Vanilla may have a future in sickle cell treatment
In addition to its popular role in flavoring ice cream, fudge and cake frosting, vanilla may have a future use as a medicine. Recent laboratory research has strengthened the possibility that a form of vanilla may become a drug to treat sickle cell disease.
After specially bred mice received a compound that turns into vanilla in the body, they survived five times longer than mice that did not receive the chemical. All the mice had been subjected to low oxygen pressure, a condition that causes their red blood cells to form the hazardous sickle shape. Results of the study, led by research hematologist Toshio Asakura, M.D., Ph.D., of The Childrens Hospital of Philadelphia, appeared in the June 2004 issue of the British Journal of Haematology.
It had been known for 30 years that vanillin, the compound that gives the vanilla bean its flavor, protects red blood cells with sickle cell disease from assuming the sickle shape that obstructs blood vessels. However, this effect previously occurred only in test tubes, because vanillin normally breaks down in the digestive tract before reaching the bloodstream.
Scientists at Medinox, a San Diego-based biotechnology company, developed a variant of vanillin called MX-1520, chemically modifying it to resist degradation by the digestive system. MX-1520 is a prodrug–a compound that becomes an active drug (in this case, vanillin) in the body.

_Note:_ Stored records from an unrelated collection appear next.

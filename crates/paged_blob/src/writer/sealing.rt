//! A writer's list as it stands: lent to be read, and sealed.

ghost use Rattle.std.specs.Prelude.{◌≡◌, ◌⊎◌, ◌+◌, ◌*◌, ◌<◌, ◌≤◌, ◌↔◌, [], List, max, length, drop};
ghost use Rattle.std.specs.Prelude.{IsNone, IfSome, IfOk, IfErr, OnOk};
ghost use Rattle.paged_format.specs.Footers.{content_size};
ghost use Rattle.paged_blob_parts.specs.Calls.{Call};
ghost use Rattle.paged_blob_parts.specs.Moments.{Through};
ghost use Rattle.paged_blob_parts.specs.Answers.{failures_after, IsCause};
ghost use Rattle.paged_blob_parts.specs.CachedContent.{HoldsPagesOf, KeepsOthers};
ghost use Rattle.paged_blob_parts.specs.Writers.{written, IsWriter, Keeps};
ghost use Rattle.paged_blob_parts.specs.Stands.{IsSealed, pages_of};
ghost use Rattle.paged_blob_parts.specs.declared.error.CallKind.{CallKind};

use super::Writer;
use fault_storage::Checksum;
use paged_blob_parts::{Blob, CacheRef, Error, Replay, Sealed, View};
use std::alloc::AllocError;
use std::marker::PhantomData;

impl<C: Checksum, Phase> Writer<C, Phase> {
    /// Its list as it stands, lent to be read, also while a sync of it is under way (own).
    pub fn view(&self) -> View<'_, C>
        ensures pages { result.pages ≡ pages_of self.now }
        ensures tail { result.tail.now ≡ self.now.tip.bytes }
    {
        let _end = self.tip.end();
        View {
            alloc: self.alloc,
            pages: self.flushed_pages(),
            tail: self.tip.as_bytes(),
            checksum: PhantomData,
        }
    }

    // Its pages, and a copy of what stands behind them.
    fn sealed(&self) -> Result<Sealed<C>, AllocError>
        ensures pages { IfOk result (λ s. s.pages ≡ pages_of self.now) }
        ensures tail { IfOk result (λ s. s.tail.items ≡ self.now.tip.bytes) }
    {
        let _end = self.tip.end();
        let tail = self.tip.as_bytes().to_vec(self.alloc)?;
        Ok(Sealed {
            alloc: self.alloc,
            pages: self.flushed_pages(),
            tail,
            checksum: PhantomData,
        })
    }

    /// Makes durable what was appended, as `sync` does, and seals the list as it stands, while the writer goes on: the
    /// sealed list keeps its size and its bytes through all later calls of the writer, also where they fail. It copies
    /// what the buffer holds then. Refused where the sync is, and out of memory, the writer is given up.
    /// In the Rust: `paged::Writer::snapshot`.
    pub fn snapshot<B: Blob>(
        self,
        blob: &mut B,
        cache: &mut CacheRef,
    ) -> Result<(Self, Sealed<C>), Error>
        requires writer { IsWriter C.checksum_of (B.calls blob.old) self }
        requires pages { cache.old.page_size ≡ content_size self.page_size }
        ensures writer { IfOk result (λ r. IsWriter C.checksum_of (B.calls blob.new) r.0) }
        ensures content { IfOk result (λ r. written C.checksum_of (B.calls blob.new) r.0
            ≡ written C.checksum_of (B.calls blob.old) self) }
        ensures synced { IfOk result (λ r. r.0.synced ≡ length (written C.checksum_of (B.calls blob.old) self)) }
        ensures same { IfOk result (λ r. (r.0.page_size ≡ self.page_size) × (r.0.blob_id ≡ self.blob_id)
            × (r.0.tip.capacity ≡ self.tip.capacity)) }
        ensures sealed { IfOk result (λ r. IsSealed C.checksum_of (B.calls blob.new)
            (written C.checksum_of (B.calls blob.old) self) r.1.pages r.1.tail.items) }
        // Its pages are durable, and those that are kept of them have the writer's name.
        ensures durable { IfOk result (λ r. r.1.pages.len ≤ r.0.synced) }
        ensures named { IfOk result (λ r. (r.1.pages.physical_page_size ≡ self.page_size)
            × (r.1.pages.blob_id ≡ self.blob_id)) }
        // Whatever a crash leaves at any moment of the call keeps what was synced before.
        ensures any_moment { Through (Keeps C.checksum_of self.page_size
            (written C.checksum_of (B.calls blob.old) self) self.synced) (B.calls blob.old) (B.calls blob.new) }
        ensures cause { IfErr result (λ e. IsCause (B.failures blob.old) CallKind.Write 0 e
            ⊎ IsCause (B.failures blob.old) CallKind.Sync 0 e) }
        ensures failures { B.failures blob.new ≡ failures_after result (B.failures blob.old) }
        ensures left { B.left blob.new ≤ B.left blob.old }
        ensures cache { cache.new ≡ record cache.old { pages = cache.new.pages } }
        // The pages that are kept under the writer's name stay those of its content.
        ensures cached { HoldsPagesOf (written C.checksum_of (B.calls blob.old) self) cache.old self.blob_id
            → HoldsPagesOf (written C.checksum_of (B.calls blob.old) self) cache.new self.blob_id }
        ensures others { KeepsOthers cache.old cache.new self.blob_id }
    {
        let writer = self.sync(blob, cache)?;
        let sealed = writer.sealed()?;
        Ok((writer, sealed))
    }

    /// A replay of the list as it stands, which reads so many bytes at once, a page at least, while the writer goes on:
    /// one of a `snapshot`. It is refused where that is. In the Rust: `paged::Writer::replay`.
    pub fn replay<B: Blob>(
        self,
        blob: &mut B,
        cache: &mut CacheRef,
        buffer_size: usize,
    ) -> Result<(Self, Replay<C>), Error>
        requires writer { IsWriter C.checksum_of (B.calls blob.old) self }
        requires pages { cache.old.page_size ≡ content_size self.page_size }
        ensures writer { IfOk result (λ r. IsWriter C.checksum_of (B.calls blob.new) r.0) }
        ensures content { IfOk result (λ r. written C.checksum_of (B.calls blob.new) r.0
            ≡ written C.checksum_of (B.calls blob.old) self) }
        ensures synced { IfOk result (λ r. r.0.synced ≡ length (written C.checksum_of (B.calls blob.old) self)) }
        ensures same { IfOk result (λ r. (r.0.page_size ≡ self.page_size) × (r.0.blob_id ≡ self.blob_id)
            × (r.0.tip.capacity ≡ self.tip.capacity)) }
        ensures sealed { IfOk result (λ r. IsSealed C.checksum_of (B.calls blob.new)
            (written C.checksum_of (B.calls blob.old) self) r.1.sealed.pages r.1.sealed.tail.items) }
        // Its pages are durable, and those that are kept of them have the writer's name.
        ensures durable { IfOk result (λ r. r.1.sealed.pages.len ≤ r.0.synced) }
        ensures start { IfOk result (λ r. (r.1.next ≡ 0) × (drop r.1.taken r.1.held.items ≡ [])) }
        ensures batch { IfOk result (λ r. r.1.batch * self.page_size ≤ max buffer_size self.page_size) }
        ensures named { IfOk result (λ r. (r.1.sealed.pages.physical_page_size ≡ self.page_size)
            × (r.1.sealed.pages.blob_id ≡ self.blob_id)) }
        // Whatever a crash leaves at any moment of the call keeps what was synced before.
        ensures any_moment { Through (Keeps C.checksum_of self.page_size
            (written C.checksum_of (B.calls blob.old) self) self.synced) (B.calls blob.old) (B.calls blob.new) }
        ensures cause { IfErr result (λ e. IsCause (B.failures blob.old) CallKind.Write 0 e
            ⊎ IsCause (B.failures blob.old) CallKind.Sync 0 e) }
        ensures failures { B.failures blob.new ≡ failures_after result (B.failures blob.old) }
        ensures left { B.left blob.new ≤ B.left blob.old }
        ensures cache { cache.new ≡ record cache.old { pages = cache.new.pages } }
        // The pages that are kept under the writer's name stay those of its content.
        ensures cached { HoldsPagesOf (written C.checksum_of (B.calls blob.old) self) cache.old self.blob_id
            → HoldsPagesOf (written C.checksum_of (B.calls blob.old) self) cache.new self.blob_id }
        ensures others { KeepsOthers cache.old cache.new self.blob_id }
    {
        let alloc = self.alloc;
        let (writer, sealed) = self.snapshot(blob, cache)?;
        Ok((writer, Replay::over(sealed, alloc, buffer_size)))
    }
}

impl<C: Checksum> Writer<C> {
    /// Seals the list as it stands where all of it is durable; None where some of it is not. No call of the blob is
    /// made. It fails only when out of memory. In the Rust: `paged::Writer::try_snapshot`.
    pub fn try_snapshot(&self) -> Result<Option<Sealed<C>>, Error>
        ensures none { IfOk result (λ o. IsNone o
            ↔ (self.now.synced < self.now.tip.offset + length self.now.tip.bytes)) }
        ensures sealed { (calls : List Call) → IsWriter C.checksum_of calls self.now → IfOk result (λ o. IfSome o
            (λ s. IsSealed C.checksum_of calls (written C.checksum_of calls self.now) s.pages s.tail.items)) }
        ensures durable { IfOk result (λ o. IfSome o (λ s. s.pages.len ≤ self.now.synced)) }
        ensures named { IfOk result (λ o. IfSome o (λ s. (s.pages.physical_page_size ≡ self.now.page_size)
            × (s.pages.blob_id ≡ self.now.blob_id))) }
        ensures cause { IfErr result (λ e. e ≡ Error.Memory) }
    {
        if self.needs_sync() {
            return Ok(None);
        }
        let sealed = self.sealed()?;
        Ok(Some(sealed))
    }

    /// Makes durable what was appended, as `sync` does, and seals the list: no more bytes come to it. Refused where the
    /// sync is, and out of memory, the writer is given up.
    /// In the Rust: `paged::Writer::seal`, which answers a handle beside it.
    pub fn seal<B: Blob>(self, blob: &mut B, cache: &mut CacheRef) -> Result<Sealed<C>, Error>
        requires writer { IsWriter C.checksum_of (B.calls blob.old) self }
        requires pages { cache.old.page_size ≡ content_size self.page_size }
        ensures sealed { IfOk result (λ s. IsSealed C.checksum_of (B.calls blob.new)
            (written C.checksum_of (B.calls blob.old) self) s.pages s.tail.items) }
        ensures named { IfOk result (λ s. (s.pages.physical_page_size ≡ self.page_size)
            × (s.pages.blob_id ≡ self.blob_id)) }
        // Whatever a crash leaves then keeps all of the list.
        ensures durable { OnOk result (Keeps C.checksum_of self.page_size
            (written C.checksum_of (B.calls blob.old) self)
            (length (written C.checksum_of (B.calls blob.old) self)) (B.calls blob.new)) }
        // Whatever a crash leaves at any moment of the call keeps what was synced before.
        ensures any_moment { Through (Keeps C.checksum_of self.page_size
            (written C.checksum_of (B.calls blob.old) self) self.synced) (B.calls blob.old) (B.calls blob.new) }
        ensures cause { IfErr result (λ e. IsCause (B.failures blob.old) CallKind.Write 0 e
            ⊎ IsCause (B.failures blob.old) CallKind.Sync 0 e) }
        ensures failures { B.failures blob.new ≡ failures_after result (B.failures blob.old) }
        ensures left { B.left blob.new ≤ B.left blob.old }
        ensures cache { cache.new ≡ record cache.old { pages = cache.new.pages } }
        // The pages that are kept under the writer's name stay those of its content.
        ensures cached { HoldsPagesOf (written C.checksum_of (B.calls blob.old) self) cache.old self.blob_id
            → HoldsPagesOf (written C.checksum_of (B.calls blob.old) self) cache.new self.blob_id }
        ensures others { KeepsOthers cache.old cache.new self.blob_id }
    {
        let (_writer, sealed) = self.snapshot(blob, cache)?;
        Ok(sealed)
    }
}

Dr. Asakura and his team tested MX-1520 in the NIH-sponsored Sickle Cell Disease Reference Laboratory that he directs at The Childrens Hospital of Philadelphia. The researchers used transgenic sickle mice–animals with red blood cells containing human sickle hemoglobin, similar to the defective blood cells in people with sickle cell disease. The researchers found that most of the MX-1520 turned into vanillin in the mice, where it interacted with sickle hemoglobin and inhibited the formation of rigid sickled cells.
Sickle cell disease affects 80,000 patients in the United States and millions more throughout the world, predominantly in Africa, India, the Middle East and Mediterranean countries. Most of those affected by sickle cell disease are of African descent. A gene mutation causes red blood cells to become stiff and sickle-shaped, damaging and obstructing blood vessels. The disease may cause severe pain, stroke, anemia, life-threatening infections, and damage to the lungs and other organs.
Currently, only one drug, hydroxurea, is approved in the U.S. for treating sickle cell disease, but it is not effective for all patients, and it has adverse side effects such as suppressing bone marrow activity. “Clearly, we need to develop safer and more effective drugs for sickle cell disease,” said Dr. Asakura. “By evaluating a variety of potential drugs, we hope to contribute to developing a range of drugs for different stages and different complications of the disease.”
The results of his study, says Dr. Asakura, indicate that further study of the vanillin prodrug MX-1520 is warranted, but he stressed that the compound has not yet been studied in any patients. Patients with sickle cell disease should also be aware that this study does not imply that eating food products currently containing vanilla will benefit patients, because most vanilla is destroyed in the stomach and does not reach the bloodstream.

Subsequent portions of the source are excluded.